Now be a good sport when you say these words; don’t speak in a hostile tone.

#2     It hurts to see classmates doing things that your parents don’t think you’re old enough to do.

Remind yourself that if your parents won’t let you start dating till you’re 15, it will take just as long to turn 15 — whether your classmates are 15, 14 or 13!

Most parents won’t let their kids date until they reach a certain age. It’s a parent’s rule that was probably decided upon before you were born.

The age of permission, whether it’s dating, going alone to the mall, babysitting or whatever, is determined by your parents’ approach to raising kids — NOT how old your classmates are!

#3     You may feel that you’re not as “mature” as the other kids in your class.

Ask yourself on what grounds do you make this conclusion? You could be dead wrong.

Often, the immature kids are either the same age as most everyone else in their class, or even a bit older.

I spent grades 9 and 10 in a school with almost 1,000 students, and this is so true: The younger kids for their grade were actually the better behaved students.

The older kids in the class thought they were the class leaders and were sometimes on an ego trip, which isn’t a mature way to think.

Being around older kids (who are mature) will accelerate your own maturity.

This is the same concept with sports. If your tennis partners are always a little better than you, you will get better faster than if your partners always play worse.
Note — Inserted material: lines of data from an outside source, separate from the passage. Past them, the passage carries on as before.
//! The octets of commands, written and read.
//!
//! Nothing may stand behind a command, though no spelling begins another. Writing them has its own
//! crate below.
#![tactic(auto)]

mod laws;
mod parts;
mod reading;

pub use command_octets::{
    Action, Batch, Change, Changes, CheckCommand, CidrCommand, Command, OutOfMemory, has_spelling,
    write,
};
pub use laws::{commands_are_told, one_spelling, read_as_nothing_else, written_reads_back};
pub use parts::well_formed;
pub use reading::read;
pub use set_reading::ReadFault;
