//! Reading a command from left to right.

ghost use Rattle.std.specs.Prelude.{◌≡◌, ◌≤◌, ℕ, length, take, drop, IfOk, Ok};
ghost use Rattle.set_reading.specs.ReadingOfOctetReading.{Gives, GivesOrStops};
ghost use Rattle.command_octets.specs.declared.commands.Command.{Command};
ghost use Rattle.command_codec.specs.Commands.{Spells};
ghost use Rattle.command_codec.specs.Gives.{IsInside, GivesCommand};
ghost use Rattle.command_codec.specs.Reading.{version_at, servers_at, create_at, delete_at, action_of, action_at, set_at, change_at};
ghost use Rattle.command_codec.specs.Reading.{batch_at, check_made_at, check_changed_at};
ghost use Rattle.command_codec.specs.Reading.{check_deleted_at, collection_made_at};
ghost use Rattle.command_codec.specs.Reading.{collection_changed_at, collection_deleted_at};
ghost use Rattle.command_codec.specs.Reading.{command_at, versioned_at, read};

use block_reading::{change_collection_at, create_collection_at, delete_collection_at};
use check_reading::{create_check_at, delete_check_at, update_check_at};
use command_octets::{Action, Batch, Change, Changes, Command};
use octets::behind;
use set_reading::{
    Fault, Field, Name, ReadFault, RecordSet, Stop, four_at, list_at, name_at, octet_at, read_set,
};
use std::alloc::Global;

/// The command that bytes are, as a whole.
pub fn read(alloc: Global, bytes: &[u8]) -> Result<Command, ReadFault>
    // What is read is spelled so.
    ensures found { IfOk result (λ command. Spells bytes.now command) }
    // What is spelled so is read, unless memory runs out.
    ensures only { (command : Command)
        → Spells bytes.now command → GivesCommand result (Ok command) }
    // Which fault it is, and at which place.
    ensures exact { GivesCommand result (read bytes.now) }
    ensures inside { IsInside (length bytes.now) result }
{
    set_reading::written_reads_back();
    set_reading::sets_are_told();
    check_reading::check_commands_are_read();
    block_reading::cidr_commands_are_read();
    read_whole(alloc, bytes)
}

/// The command, or the place of the first fault. Nothing may stand behind a command.
#[tactic(auto, unfolding(crate::specs::Reading::read))]
fn read_whole(alloc: Global, bytes: &[u8]) -> Result<Command, ReadFault>
    ensures exact { GivesCommand result (read bytes.now) }
    ensures inside { IsInside (length bytes.now) result }
{
    set_reading::written_reads_back();
    set_reading::sets_are_told();
    check_reading::check_commands_are_read();
    block_reading::cidr_commands_are_read();
    match versioned_at(alloc, bytes) {
        Ok((_, command, rest)) => {
            if rest.len() > 0 {
                return Err(ReadFault::Bad(bytes.len() - rest.len()));
            }
            Ok(command)
        }
        Err(Stop::Bad(left)) => Err(ReadFault::Bad(bytes.len() - left)),
        Err(Stop::OutOfMemory) => Err(ReadFault::OutOfMemory),
    }
}

/// The version and a command behind it.
#[tactic(auto, unfolding(crate::specs::Reading::versioned_at))]
fn versioned_at(alloc: Global, bytes: &[u8]) -> Result<(u8, Command, &[u8]), Stop>
    ensures { GivesOrStops (λ x. ((x.0, x.1), x.2.now)) result (versioned_at bytes.now) }
{
    let (version, rest) = version_at(bytes)?;
    match command_at(alloc, version, rest) {
        Ok((command, rest)) => Ok((version, command, rest)),
        Err(stop) => Err(stop),
    }
}

/// The version of the spelling.
#[tactic(auto, unfolding(crate::specs::Reading::version_at))]
fn version_at(bytes: &[u8]) -> Result<(u8, &[u8]), Fault>
    ensures { Gives (λ x. (x.0, x.1.now)) result (version_at bytes.now) }
{
    let (version, rest) = octet_at(bytes)?;
    match version {
        1 | 2 => Ok((version, rest)),
        _ => Err(Fault(bytes.len())),
    }
}

/// A command behind the version.
#[tactic(auto, unfolding(crate::specs::Reading::command_at))]
fn command_at(alloc: Global, version: u8, bytes: &[u8]) -> Result<(Command, &[u8]), Stop>
    ensures { GivesOrStops (λ x. (x.0, x.1.now)) result (command_at version bytes.now) }
{
    let (kind, rest) = octet_at(bytes)?;
    match kind {
        1 => Ok(create_at(rest)?),
        2 => Ok(delete_at(rest)?),
        3 => batch_at(alloc, rest),
        4 => check_made_at(alloc, version, rest),
        5 => check_changed_at(alloc, version, rest),
        6 => Ok(check_deleted_at(rest)?),
        7 if version == 2 => collection_made_at(rest),
        8 if version == 2 => collection_changed_at(alloc, rest),
        9 if version == 2 => Ok(collection_deleted_at(rest)?),
        _ => Err(Stop::Bad(bytes.len())),
    }
}

/// The name of a zone and its servers.
#[tactic(auto, unfolding(crate::specs::Reading::create_at))]
fn create_at(bytes: &[u8]) -> Result<(Command, &[u8]), Fault>
    ensures { Gives (λ x. (x.0, x.1.now)) result (create_at bytes.now) }
{
    let (name, rest) = match name_at(bytes) {
        Ok(read) => read,
        Err(stop) => return Err(stop),
    };
    let (servers, rest) = match servers_at(rest) {
        Ok(read) => read,
        Err(stop) => return Err(stop),
    };
    Ok((Command::CreateZone { name, servers }, rest))
}

/// Four names.
#[tactic(auto, unfolding(crate::specs::Reading::servers_at))]
fn servers_at(bytes: &[u8]) -> Result<([Name; 4], &[u8]), Fault>
    ensures { Gives (λ x. (x.0, x.1.now)) result (servers_at bytes.now) }
{
    let (first, rest) = match name_at(bytes) {
        Ok(read) => read,
        Err(stop) => return Err(stop),
    };
    let (second, rest) = match name_at(rest) {
        Ok(read) => read,
        Err(stop) => return Err(stop),
    };
    let (third, rest) = match name_at(rest) {
        Ok(read) => read,
        Err(stop) => return Err(stop),
    };
    let (fourth, rest) = match name_at(rest) {
        Ok(read) => read,
        Err(stop) => return Err(stop),
    };
    Ok(([first, second, third, fourth], rest))
}

/// The number of a zone.
#[tactic(auto, unfolding(crate::specs::Reading::delete_at))]
fn delete_at(bytes: &[u8]) -> Result<(Command, &[u8]), Fault>
    ensures { Gives (λ x. (x.0, x.1.now)) result (delete_at bytes.now) }
{
    let (zone, rest) = four_at(bytes)?;
    Ok((Command::DeleteZone(zone), rest))
}

/// The number of a zone, and the changes to its sets.
#[tactic(auto, unfolding(crate::specs::Reading::batch_at))]
fn batch_at(alloc: Global, bytes: &[u8]) -> Result<(Command, &[u8]), Stop>
    ensures { GivesOrStops (λ x. (x.0, x.1.now)) result (batch_at bytes.now) }
{
    let (zone, rest) = four_at(bytes)?;
    let (changes, rest) = list_at(alloc, &OneChange, rest)?;
    let changes = Changes::from_vec(changes);
    Ok((Command::Change(Batch { zone, changes }), rest))
}

/// A new health check.
#[tactic(auto, unfolding(crate::specs::Reading::check_made_at))]
fn check_made_at(alloc: Global, version: u8, bytes: &[u8]) -> Result<(Command, &[u8]), Stop>
    ensures { GivesOrStops (λ x. (x.0, x.1.now)) result (check_made_at version bytes.now) }
{
    match create_check_at(alloc, version, bytes) {
        Ok((command, rest)) => Ok((Command::Health(command), rest)),
        Err(stop) => Err(stop),
    }
}

/// A change of a health check.
#[tactic(auto, unfolding(crate::specs::Reading::check_changed_at))]
fn check_changed_at(alloc: Global, version: u8, bytes: &[u8]) -> Result<(Command, &[u8]), Stop>
    ensures { GivesOrStops (λ x. (x.0, x.1.now)) result (check_changed_at version bytes.now) }
{
    match update_check_at(alloc, version, bytes) {
        Ok((command, rest)) => Ok((Command::Health(command), rest)),
        Err(stop) => Err(stop),
    }
}

/// The end of a health check.
#[tactic(auto, unfolding(crate::specs::Reading::check_deleted_at))]
fn check_deleted_at(bytes: &[u8]) -> Result<(Command, &[u8]), Fault>
    ensures { Gives (λ x. (x.0, x.1.now)) result (check_deleted_at bytes.now) }
{
    match delete_check_at(bytes) {
        Ok((command, rest)) => Ok((Command::Health(command), rest)),
        Err(fault) => Err(fault),
    }
}

/// A new collection.
#[tactic(auto, unfolding(crate::specs::Reading::collection_made_at))]
fn collection_made_at(bytes: &[u8]) -> Result<(Command, &[u8]), Stop>
    ensures { GivesOrStops (λ x. (x.0, x.1.now)) result (collection_made_at bytes.now) }
{
    match create_collection_at(bytes) {
        Ok((command, rest)) => Ok((Command::Cidr(command), rest)),
        Err(Fault(left)) => Err(Stop::Bad(left)),
    }
}

/// Changes of a collection.
#[tactic(auto, unfolding(crate::specs::Reading::collection_changed_at))]
fn collection_changed_at(alloc: Global, bytes: &[u8]) -> Result<(Command, &[u8]), Stop>
    ensures { GivesOrStops (λ x. (x.0, x.1.now)) result (collection_changed_at bytes.now) }
{
    match change_collection_at(alloc, bytes) {
        Ok((command, rest)) => Ok((Command::Cidr(command), rest)),
        Err(stop) => Err(stop),
    }
}

/// The end of a collection.
#[tactic(auto, unfolding(crate::specs::Reading::collection_deleted_at))]
fn collection_deleted_at(bytes: &[u8]) -> Result<(Command, &[u8]), Fault>
    ensures { Gives (λ x. (x.0, x.1.now)) result (collection_deleted_at bytes.now) }
{
    match delete_collection_at(bytes) {
        Ok((command, rest)) => Ok((Command::Cidr(command), rest)),
        Err(fault) => Err(fault),
    }
}

/// A change, as an item of a list.
struct OneChange;

impl Field for OneChange {
    type Value = Change;

    ghost use Rattle.command_codec.specs.Reading.{change_at};

    ghost reading = { λ _. change_at };

    fn read<'a>(&self, alloc: Global, bytes: &'a [u8]) -> Result<(Change, &'a [u8]), Stop> {
        change_at(alloc, bytes)
    }
}

/// A change to a set.
#[tactic(auto, unfolding(crate::specs::Reading::change_at))]
fn change_at(alloc: Global, bytes: &[u8]) -> Result<(Change, &[u8]), Stop>
    ensures { GivesOrStops (λ x. (x.0, x.1.now)) result (change_at bytes.now) }
{
    let (action, rest) = action_at(bytes)?;
    let (characters, rest) = four_at(rest)?;
    let (set, rest) = match set_at(alloc, rest) {
        Ok(read) => read,
        Err(stop) => return Err(stop),
    };
    let change = Change {
        action,
        characters,
        set,
    };
    Ok((change, rest))
}

/// An action, by its number.
#[tactic(auto, unfolding(crate::specs::Reading::action_at))]
fn action_at(bytes: &[u8]) -> Result<(Action, &[u8]), Fault>
    ensures { Gives (λ x. (x.0, x.1.now)) result (action_at bytes.now) }
{
    let (n, rest) = octet_at(bytes)?;
    let Some(action) = action_of(n) else {
        return Err(Fault(bytes.len()));
    };
    Ok((action, rest))
}

/// The action of a number.
fn action_of(n: u8) -> Option<Action>
    ensures { result ≡ action_of n }
{
    match n {
        1 => Some(Action::Create),
        2 => Some(Action::Delete),
        3 => Some(Action::Upsert),
        _ => None,
    }
}

/// A set.
#[tactic(auto, unfolding(crate::specs::Reading::set_at))]
fn set_at(alloc: Global, bytes: &[u8]) -> Result<(RecordSet, &[u8]), Stop>
    ensures { GivesOrStops (λ x. (x.0, x.1.now)) result (set_at bytes.now) }
{
    match read_set(alloc, bytes) {
        Ok((set, len)) => Ok((set, behind(bytes, len))),
        Err(ReadFault::Bad(place)) => Err(Stop::Bad(bytes.len() - place)),
        Err(ReadFault::OutOfMemory) => Err(Stop::OutOfMemory),
    }
}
So if you’re around older kids all day long…the general rule is that you’ll be inclined to act a little older rather than a little younger.

Write down the names of kids in your grade you think are childish and immature. Write their ages next to their names. How many are older than you?

Other Points to Consider

Don’t bother trying to look older. Just be yourself. If classmates know your age, this won’t change if you start wearing makeup or doing something stupid to look older like smoking!

In fact, you may not even look younger than your peers anyways.

I looked no younger than my classmates all throughout my schooling. Many older classmates even looked younger than me.

And if you do appear a lot younger, realize there’s nothing inherently bad about a 13-year-old looking like a 13-year-old, or whatever age you are and looking your actual age!

Do classmates even know your age?

It’s possible that nobody knows you’re the youngest in the class. But maybe you’re worried about the word eventually getting out.

Remind yourself that there are kids, who are younger, who actually embrace this because — as mentioned — it’s a sign of achievement, not failure.

If you’re the youngest in your grade, stand proud and know that you’re ahead of everyone else. Focus on more meaningful things in life, such as:

Do you brush your teeth every night before bed? Do you exercise and try to eat healthy foods? And no matter what, DO NOT SMOKE. It stunts growth and does NOT make you appear older.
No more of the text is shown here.